# Where's the new Fluke regs?



## Manayunk Jake (Oct 3, 2001)

Greeting All!

I'm getting some conflicting reports, but the consensus is that we're going to take a big hit when the 2004 fluke regs are finalized. Seems the "experts" think we caught too many fluke last year, especially bigger fluke.

I've heard a shorter season ending right after Labor Day, which will put a big dent in the great fall fishing at spots like the Old Grounds, Sea Isle Lumps, and off Sandy Hook. I've heard a lot about taking the limit up to 17 inches to match DE so there's no confusion in the bay as to where a keeper was caught. The limit could also drop from 8 to 7 (or even 5) fish. There are supposed to be more hearings in mid-March, but I don't think an opener has been established as of this date.

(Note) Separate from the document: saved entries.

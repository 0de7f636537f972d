// The records of a section, one behind the other.
ghost use Rattle.std.specs.Prelude.{◌≡◌, ◌-◌, length, T};
ghost use Rattle.format.specs.Questions.{is_some};
ghost use Rattle.format.specs.Reader.{records, entries};
ghost use Rattle.reader.specs.Records.{left};
ghost use Rattle.reader.specs.Spans.{listed};

use crate::entries::Entries;
use crate::section::Span;

// The records of a section: the entries that are no headers, from a position on.
#[derive(Drop)]
pub struct Records<'a> {
    rest: Entries<'a>,
    debug: bool,
}

impl<'a> Records<'a> {
    #[tactic(auto, unfolding(crate::specs::Records::left, crate::specs::Spans::entries_from, format::specs::Reader::entries))]
    pub fn new(section: &'a [u8], debug: bool) -> Records<'a>
        requires { T (is_some (entries section.now)) }
        ensures { (result.rest.section ≡ section.entry) × (result.debug ≡ debug) × (left result ≡ records debug (listed (entries section.now))) }
    {
        Records {
            rest: Entries::new(section),
            debug,
        }
    }
}

impl Iterator for Records<'_> {
    ghost use Rattle.std.specs.Iterator.{at_most};
    ghost use Rattle.reader.specs.Records.{GivesRecord};

    type Item = Span;

    ghost next_gives = { GivesRecord };

    ghost remaining = { λ s. at_most (length s.rest.section.now - s.rest.at) };

    fn next(&mut self) -> Option<Span> {
        let section = self.rest.section;
        let debug = self.debug;
        self.rest.find(|entry| !entry.is_header(section, debug))
    }
}
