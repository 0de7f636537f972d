// What x64 unwind data is written from.
ghost use Rattle.std.specs.Prelude.{◌≤◌};
ghost use Rattle.format.specs.Lists.{most_records};
ghost use Rattle.prologue.specs.Readable.{Short};
ghost use Rattle.x64.specs.Listed.{Listed, Listed-prop, records_in};

use prologue::given::{Shape, X64Machine};

// Direct codes, or the rows of functions for a machine.
#[derive(Clone, Copy)]
pub enum Source<'m> {
    Direct,
    Rows(X64Machine<'m>),
}

// Kept: the count beside the list. 13 lines of clauses in lib.rt name it, and by a method each would name a division by the source's stride.
// The functions, `count` of them, and the list of their codes or rows. Questions 11 to 13 were answered by yes.
#[derive(Clone, Copy)]
pub struct Input<'m, 'f, 'l> {
    pub source: Source<'m>,
    pub functions: &'f [u64],
    pub list: &'l [u64],
    pub count: usize,
    pub ghost listed: { Listed source functions.now list.now count } by { Listed-prop source functions.now list.now count },
}

// The records that say a function's codes: the codes, or the rows of its prologue for a machine.
#[derive(Clone, Copy)]
pub enum Records<'m, 'l> {
    Codes(&'l [u64]),
    ByRows(X64Machine<'m>, Shape<'l>),
}

// A function: its symbol and its length, where its prologue ends, and its codes.
#[derive(Clone, Copy)]
pub struct Span<'m, 'l> {
    pub symbol: u64,
    pub length: u64,
    pub end: u64,
    pub records: Records<'m, 'l>,
    pub ghost few: { records_in records ≤ most_records },
}

// A function's codes from its record `next` on, and the distance in front of it.
#[derive(Drop)]
pub struct UnwindCodes<'m, 'l> {
    pub records: Records<'m, 'l>,
    pub next: usize,
    pub sofar: i64,
    pub ghost high: { next ≤ records_in records },
    pub ghost short: { Short sofar },
}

Weakie regs are under review again, too. Don't be surprised if the bag limit drops to four and the size limit goes up to 17 inches! No body is worried about bluefish regs, even though I thought there was a marked absence of snappers last Fall. Seems like we're stuck with the "let's try this" approach, instead of regs based on serious scientific surveys.

I assume everyone is aware that the striper slot fish is scheduled to be killed off, and NJ will return to two fish 28 inches or better (although some hardliners want to go back to 1 fish at 34 inches!)

So far no major changes in commercial regs are planned. They'll still be keeping 13 inch fluke and weakies.


----------